Rozdział 35

284 28 11
                                    

Natsu Pov.

Następnego dnia obudził mnie dźwięk drzwi... odbijających się od ściany. Otworzyłem jedno oko i popatrzyłem w tamtą stronę, a widok który tam zastałem zmusił mnie do otworzenia drugiego. We framudze stał mój tato ubrany w swoje ulubione jeansowe spodnie, czarną koszulkę, jakieś pomarańczowo-niebieskie buty i co najlepsze w różnowy fartuszek z napisem I'm sexy and I know it.

- Natsu wstawaj! O 12 chce nas odwiedzić twój brat ze swoją dziewczyną, a ja nie mam zamiaru przyjmować ich w... - urwał i szukał dobrego słowa - tym czymś. - zanim zdążyłem coś powiedzieć Igneel wyszedł z pokoju, a chwilę później znów usłyszałem jego głos - Aha i jeszcze jedno. Zamknij buzię, bo ci mucha wleci.

Dobra bez jaj kiedy ja to? - zadałem pytanie sam sobie. Do moich uszu dobiegł huk, a potem ciche przekleństwo. Prawdopodobnie mój rodziciel potknął się o jeden ze swoich sprzętów sprzątajacych. Popatrzyłem na zegarek i myślałem nad powaleniem głową w ścianę, ale na szczęście się rozmyśliłem.

On żartuje!? Wstawać o prawie 8 w niedzielę? To będzie sprzątanie z grubej rury. - pomyślałem.
Wygramoliłem się z łóżka i skierowałem się w stronę łazienki, aby zrbić poranną toaletę. Po jej skonczeniu poczłapałem do kuchni skąd unosił się ładny zapach. Stanąłem w drzwiach, a moje oczy musiały wyglądać jak dwie gwiazdki. Opamiętałem się i już miałem zadać pytanie, gdy moja druga mamusia mnie wyprzedziła.

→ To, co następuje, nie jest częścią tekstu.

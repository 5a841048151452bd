// Where each field of an image starts: the one before plus its width. The low byte of a number comes first. The numbers are those
// of the saved image, and index it, so they are no enum's.
pub const REGISTERS: usize = 0;

pub const SHADOW_C64: usize = REGISTERS + 11;

pub const SHADOW_EXPANSION: usize = SHADOW_C64 + 2;

pub const SHADOW_LENGTH: usize = SHADOW_EXPANSION + 3;

pub const FLAGS: usize = SHADOW_LENGTH + 2;

pub const MORE_FLAGS: usize = FLAGS + 1;

pub const DELAY: usize = MORE_FLAGS + 1;

pub const TRANSFER: usize = DELAY + 1;

pub const TYPE: usize = TRANSFER + 1;

pub const PHASE: usize = TYPE + 1;

pub const TRANSFER_C64: usize = PHASE + 1;

pub const TRANSFER_EXPANSION: usize = TRANSFER_C64 + 2;

pub const REMAINING: usize = TRANSFER_EXPANSION + 3;

pub const LATCH: usize = REMAINING + 2;

pub const OPTIONS: usize = LATCH + 1;

pub const GRANTED_CYCLES: usize = OPTIONS + 1;

pub const IMAGE_BYTES: usize = GRANTED_CYCLES + 4;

- Siadaj Natsu. Po twojej minię wnioskuję, że chcesz zapytać do której zostają? - kątem oka popatrzył na mnie i gdy zauważył, że kiwam głową, dokonczył mówić - Zostają do 17, bo w porównaniu do ciebie oni się uczą, więc jedz.

Zabrałem się za jedzenie, które nie wiadomo kiedy pojawiło się na stole. Po skończonym posiłku podziękowałem i udałem się do pomieszczenia, które odwiedziłem rano. Umyłem zęby, koszulkę zmieniłem na butelkowo-zieloną i ubrałem czarne dresy. Wróciłem na dół, a swoje słowa skierowałem do czerwono-włosego.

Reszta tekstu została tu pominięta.